13 Jul 2026
Astable Multivibrator: Free-Running Oscillator and Frequency Measurement
Aim
To study the operation of a free-running or astable multivibrator and determine its oscillation frequency from the CRO waveform.
Apparatus
Astable multivibrator trainer or two-transistor circuit, resistors, capacitors, regulated DC supply, CRO, frequency counter, and connecting leads.
Experimental arrangement

Theory
An astable multivibrator has two transistor switching stages coupled so that only one transistor is strongly conducting at a time. Suppose transistor $Q_1$ is ON and $Q_2$ is OFF. The capacitor connected to the base of $Q_2$ charges through its resistor until the base voltage reaches the switching level. Then $Q_2$ turns ON, its collector voltage falls, and the capacitive coupling drives $Q_1$ OFF. The same process occurs in the opposite direction.
Since neither state is stable, the circuit repeatedly changes state without an external trigger and produces a square or rectangular wave.
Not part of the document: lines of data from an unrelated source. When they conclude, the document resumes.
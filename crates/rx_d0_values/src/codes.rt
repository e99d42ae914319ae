ghost use Rattle.std.specs.Prelude.{◌≡◌};

use rx_fields::Code;
use std::marker::Model;

/// The reject codes of one answer: 1 to 5 of them, in the order in which they were found.
#[derive(Clone, Copy, PartialEq, Eq)]
pub struct Codes {
    codes: [Code; 5],
    len: u8,
}

impl Model for Codes {
    ghost use Rattle.std.specs.Prelude.{List, take};
    ghost use Rattle.rx_fields.specs.declared.code.Code.{Code};
    ghost use Rattle.rx_d0_values.specs.CodeList.{IsFilled};

    ghost Value = { List Code };

    ghost view = { λ a. take a.len a.codes };

    ghost invariant = { λ a. IsFilled a.len a.codes };

    ghost use Rattle.rx_d0_values.specs.Filled.{filled_codes, filled_back};

    ghost inverse = { filled_codes };

    ghost inverse_ok = { filled_back };
}

ghost use Rattle.std.specs.Prelude.{◌≤◌, ◌-◌, ◌++◌, length, replicate, ◌∷◌, []};
ghost use Rattle.rx_d0_values.specs.CodeList.{codes_of};

impl Codes {
    /// These codes; None if there are none, or more than five.
    pub fn new(codes: &[Code]) -> Option<Codes>
        ensures { result ≡ codes_of codes.now }
    {
        if codes.is_empty() || codes.len() > 5 {
            return None;
        }
        Some(Codes {
            codes: filled(codes),
            len: codes.len() as u8,
        })
    }

    /// The one code.
    pub fn one(code: Code) -> Codes
        ensures { result ≡ code ∷ [] }
    {
        Codes {
            codes: [code, Code::Bin, Code::Bin, Code::Bin, Code::Bin],
            len: 1,
        }
    }

    /// The codes, in their order.
    pub fn as_slice(&self) -> &[Code]
        ensures value { result.now ≡ self.now }
        ensures some { 1 ≤ length self.now }
        ensures few { length self.now ≤ 5 }
    {
        &self.codes[..self.len as usize]
    }
}

// The codes, and the first of all codes up to five.
fn filled(codes: &[Code]) -> [Code; 5]
    requires { length codes.now ≤ 5 }
    ensures { result ≡ codes.now ++ replicate (5 - length codes.now) Code.Bin }
{
    let mut filled = [Code::Bin; 5];
    filled[..codes.len()].copy_from_slice(codes);
    filled
}
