/// The ending where one of three inputs is refused.
pub fn refused(
    rt: &HostRuntime,
    paths: &Inputs<&str>,
    texts: &Inputs<Vec<u8>>,
    fault: SwitchFault,
) -> Ending {
    GivenTexts::of(*paths, some_slices(texts)).refused(rt, fault)
}

fn some_slices(texts: &Inputs<Vec<u8>>) -> Inputs<Option<&[u8]>> {
    texts.as_ref().map(|text| Some(text.as_slice()))
}

/// Prints the waves of a batch file's records, and the chain.
pub fn plan(rt: &HostRuntime, paths: &Inputs<&str>) -> Result<(), Ending> {
    let texts = open_and_read(rt, paths)?;
    let planned = plan_text(rt.alloc(), &texts.sheet, &texts.books, &texts.batch);
    let planned = planned.map_err(|fault| refused(rt, paths, &texts, fault));
    drop(texts);
    print(rt, &planned?)
}

/// Prints the reply to the base claim, on one line.
pub fn sample(rt: &HostRuntime) -> Result<(), Ending> {
    let mut line = sample_line(rt.alloc())?;
    if line.push(b'\n').is_err() {
        return Err(Ending::from(Memory));
    }
    print(rt, &line)
}

/// Prints the version or the help, which the words ask for.
pub fn print_asked(rt: &HostRuntime, asked: &WordsFault) -> Result<(), Ending> {
    print!(rt; "{asked}").map_err(Ending::of_standard_output)
}

/// Prints the numbers of a refusal in words.
pub fn fault(rt: &HostRuntime, numbers: &FaultNumbers) -> Result<(), Ending> {
    let FaultNumbers {
        kind,
        within,
        place,
    } = *numbers;
    let alloc = rt.alloc();
    let line = match fault_numbered(kind, within, place) {
        Some(SwitchFault::Workers) => String::from_str(alloc, "the workers aren't 1 to 64"),
        Some(SwitchFault::Stamp) => String::from_str(alloc, "the stamp is no date and time"),
        Some(fault) => return fault_of_run(rt, fault),
        None => return other_fault(rt, kind, within, place),
    };
    print_line(rt, line?)
}

// Prints the numbers of a refusal of another command than a run.
fn other_fault(rt: &HostRuntime, kind: u64, within: u64, place: u64) -> Result<(), Ending> {
    let alloc = rt.alloc();
    let line = match kind {
        8 | 9 => numbered_upkeep(alloc, kind, within, place)?,
        10 => numbered_plans(rt, within, place)?,
        11 => numbered_join(alloc, within, place)?,
        _ => None,
    };
    match line {
        Some(line) => print_line(rt, line),
        None => {
            let line = String::from_str(alloc, "no refusal has these numbers")?;
            Err(Ending::Stopped(line))
        }
    }
}

fn fault_of_run(rt: &HostRuntime, fault: SwitchFault) -> Result<(), Ending> {
    let names = Inputs {
        sheet: "sheet",
        books: "books",
        batch: "batch",
    };
    let nothing = Inputs {
        sheet: None,
        books: None,
        batch: None,
    };
    print_line(rt, GivenTexts::of(names, nothing).words(rt, fault)?)
}

fn print_line(rt: &HostRuntime, mut line: String) -> Result<(), Ending> {
    line.push('\n')?;
    print(rt, line.as_str().as_bytes())
}

/// Prints a line for each answer of a response file.
pub fn replies(rt: &HostRuntime, path: &str) -> Result<(), Ending> {
    let bytes = text_of(rt, path, Device::Response)?;
    let text = replies_text(rt.alloc(), &bytes);
    let text = text.map_err(|fault| refused_response(rt, path, &bytes, fault));
    drop(bytes);
    print(rt, &text?)
}

/// Prints why the transactions that are asked for were answered as they were, and whether a response file has these
/// replies.
pub fn explain<R: Threads + Sync>(
    rt: &HostRuntime,
    threads: &R,
    words: &ExplainWords<'_>,
) -> Result<(), Ending> {
    let paths = match words.inputs {
        GivenInputs::OnePlan(paths) => paths,
        GivenInputs::Plans { plans, batch } => {
            return plans_explained::explain(rt, threads, words, plans, batch);
        }
    };
    let reader = reader_by(words.for_provider)?;
    let (texts, response) = read_explained(rt, &paths, words.response)?;
    let given = response.as_deref();
    let printed = match explained(rt, threads, words, &slices(&texts), reader, given) {
        Ok(printed) => Ok(printed),
        Err(fault) => {
            let path = words.response;
            Err(not_explained(rt, &paths, &texts, path, response.as_ref(), fault))
        }
    };
    drop((texts, response));
    print_outcome(rt, printed?)
}

/// What is printed of these inputs, for the pharmacy that is named, if one is.
pub fn explained<'x, R: Threads + Sync>(
    rt: &HostRuntime,
    threads: &R,
    words: &ExplainWords<'_>,
    inputs: &Inputs<&'x [u8]>,
    reader: Option<Provider>,
    response: Option<&[u8]>,
) -> Result<Printed, ExplainFault> {
    let query = query_of(&words.asked);
    let (alloc, manner) = (rt.alloc(), manner_by(words));
    match reader {
        None => rx_commands::explain(threads, alloc, inputs, &query, response, manner),
        Some(provider) => {
            explain_for(threads, alloc, inputs, &query, &provider, response, manner)
        }
    }
}

/// The pharmacy that a text is for, if one is named.
pub fn reader_by(id: Option<&str>) -> Result<Option<Provider>, Ending> {
    let Some(id) = id else {
        return Ok(None);
    };
    match Provider::new(id.as_bytes()) {
        Ok(provider) => Ok(Some(provider)),
        Err(_) => Err(Ending::NoValue(WrongValue::Provider)),
    }
}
For a symmetrical circuit with equal timing components,
\[T\approx1.386RC,\qquad f=\frac{1}{T}.\]The measured period is obtained from the CRO time scale by counting the horizontal divisions for one complete cycle.
Observations
| $R$ (kohm) | $C$ (microfarad) | Calculated period $T$ (ms) | CRO period (ms) | Frequency (Hz) |
|---|---|---|---|---|
| 4.7 | 0.10 | 0.65 | 0.68 | 1471 |
| 10.0 | 0.10 | 1.39 | 1.42 | 704 |
| 10.0 | 0.22 | 3.05 | 3.12 | 321 |
| 22.0 | 0.22 | 6.70 | 6.82 | 147 |
Graph

Calculation
For $R=10$ kohm and $C=0.10$ microfarad,
\[T=1.386(10\times10^3)(0.10\times10^{-6})=1.386\text{ ms},\]and
\[f=\frac{1}{1.386\times10^{-3}}=722\text{ Hz}.\]Result
The circuit operates as a free-running oscillator. For the selected timing components its frequency is approximately
\[\boxed{f\approx704\text{ Hz}}.\]Viva Questions
- Why is the circuit called astable? It has no stable state and changes continuously between two quasi-stable switching conditions.
- What determines the frequency? Mainly the timing resistors and capacitors.
- Why are the two outputs complementary? When one transistor conducts, the other is driven into the cut-off state.